Start of Block
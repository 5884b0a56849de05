//! A geometry as numbers.
ghost use Rattle.std.specs.Prelude.{◌≡◌};
ghost use Rattle.nand_geometry.specs.Limits.{InLimits, page_len};
ghost use Rattle.target_record.specs.Geometry.{parts_of, no_geometry};

use crate::record::{flag, is_set};
use nand_geometry::{Geometry, Optional, Parts};

/// A geometry: sizes in bytes, pages of a block, blocks and LUNs; `plane_bits` is the binary logarithm of the planes of a LUN.
/// `enhanced`, `multi_plane` and `cache` are 0 for no, and anything else for yes; `optional` is 0 in the base profile, and else the bits of what the chip has beside
/// it.
#[repr(C)]
#[derive(Clone, Copy)]
pub struct OnfiseqGeometry {
    pub page_bytes: u32,
    pub spare_bytes: u32,
    pub pages: u32,
    pub blocks: u32,
    pub luns: u8,
    pub plane_bits: u8,
    pub enhanced: u8,
    pub multi_plane: u8,
    pub cache: u8,
    pub optional: u16,
}

impl OnfiseqGeometry {
    /// The parts that the numbers stand for.
    pub fn parts(&self) -> Parts
        ensures { result ≡ parts_of self.now }
    {
        Parts {
            page_bytes: self.page_bytes,
            spare_bytes: self.spare_bytes,
            pages: self.pages,
            blocks: self.blocks,
            luns: self.luns,
            plane_bits: self.plane_bits,
            enhanced: is_set(self.enhanced),
            multi_plane: is_set(self.multi_plane),
            cache: is_set(self.cache),
            optional: Optional(self.optional),
        }
    }

    /// The geometry of these numbers.
    pub fn known(&self) -> Geometry
        requires { InLimits (parts_of self.now) }
        ensures { result ≡ parts_of self.now }
    {
        Geometry::of(self.parts()).unwrap()
    }

    /// How many bytes a page has.
    pub fn page_len(&self) -> u64
        ensures { result ≡ page_len (parts_of self.now) }
    {
        u64::from(self.page_bytes) + u64::from(self.spare_bytes)
    }

    /// The numbers of parts.
    pub fn of(parts: Parts) -> OnfiseqGeometry
        ensures { parts_of result ≡ parts }
    {
        OnfiseqGeometry {
            page_bytes: parts.page_bytes,
            spare_bytes: parts.spare_bytes,
            pages: parts.pages,
            blocks: parts.blocks,
            luns: parts.luns,
            plane_bits: parts.plane_bits,
            enhanced: flag(parts.enhanced),
            multi_plane: flag(parts.multi_plane),
            cache: flag(parts.cache),
            optional: parts.optional.0,
        }
    }

    /// All numbers 0.
    pub fn none() -> OnfiseqGeometry
        ensures { result ≡ no_geometry }
    {
        OnfiseqGeometry {
            page_bytes: 0,
            spare_bytes: 0,
            pages: 0,
            blocks: 0,
            luns: 0,
            plane_bits: 0,
            enhanced: 0,
            multi_plane: 0,
            cache: 0,
            optional: 0,
        }
    }
}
End of Block
▶ _WHAT YOU HAVE TO DO_
Each line above holding the string "pages" counts once; please report the total and nothing more.

▶ _RESULT OF THE EXERCISE_
5